▶ **Task prompt**
Look through the listing below, and wherever a line has the string "Failed", pull it out.

▶ **Dataset entries**
//! Reads import libraries of any maker: lists their imports, names their DLLs, and compares them
//! with one another, with definitions and with DLLs.
//!
//! What it does is in the crate `implib_check_driver`, over the system's files.
#![tactic(auto)]

use implib_check_driver::program::perform;
use implib_check_driver::shelf::SystemFiles;
use std::process::ExitCode;

fn main(rt: HostRuntime) -> ExitCode {
    let mut stdout = rt.stdout();
    let mut stderr = rt.stderr();
    let files = SystemFiles { rt: &rt };
    ExitCode::from(perform(&rt, &files, &mut stdout, &mut stderr))
}
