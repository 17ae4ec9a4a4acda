//! The lines of replies, each written by one call to any sink. No call takes memory.
//!
//! A reply is a first line, the lines of its rows and a last line; a route line tells a route's place
//! and its path attributes (RFC 4271, section 5), and a `rov` line its place, its origin AS and what it is
//! judged to be. A full line tells all of a route: behind the fields of its route line stand the flags and
//! the value of each attribute that the route line tells by its type alone. The full line of a router tells
//! all that its last connection told. After the reply of a replay stands the stop line. A line is some tens of
//! small writes: lay a `BufferedSink` over a sink that is slow.
//!
//! Proved: each call writes exactly the line that `bmp_specs` defines, a full line that of `ask_specs`, the
//! `rov` line that of `specs/Rov.antt`, and answers `Failed` only where a write failed, which ended the call after a front of the line.
//! Begin with `specs/Lines.antt` and `specs/RouteLine.antt` of `bmp_specs`, then `src/lines.rt`; for full
//! lines with `specs/FullLine.antt` and `specs/FullRouters.antt` of `ask_specs`, then `src/full.rt` and
//! `src/full_router.rt`.
#![tactic(auto)]

mod change;
mod escaped;
mod extended;
mod full;
mod full_router;
mod hop;
mod items;
mod line;
mod lines;
mod lists;
mod mark;
mod own;
mod path;
mod peer;
mod pen;
mod raw;
mod route;
mod route_lines;
mod router;
mod rov;
mod rov_lines;
mod stat;
mod values;

pub use bmp_specs::{Cause, Why};
pub use change::{put_change, put_full_change};
pub use full::put_full_route;
pub use full_router::{ConnectionState, put_full_router};
pub use lines::{put_at, put_count, put_end, put_lane, put_missed, put_steps, put_stop};
pub use mark::{put_full_mark, put_mark};
pub use peer::put_peer;
pub use route::put_route;
pub use route_lines::{RouteLines, is_short};
pub use router::{RouterLine, RouterState, put_router};
pub use rov_lines::RovLines;
pub use stat::put_stat;
pub use wire_io::{Failed, Sink};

▶ **Answer box**
//! `rov` line that of `specs/Rov.antt`, and answers `Failed` only where a write failed, which ended the call after a front of the line.
pub use wire_io::{Failed, Sink};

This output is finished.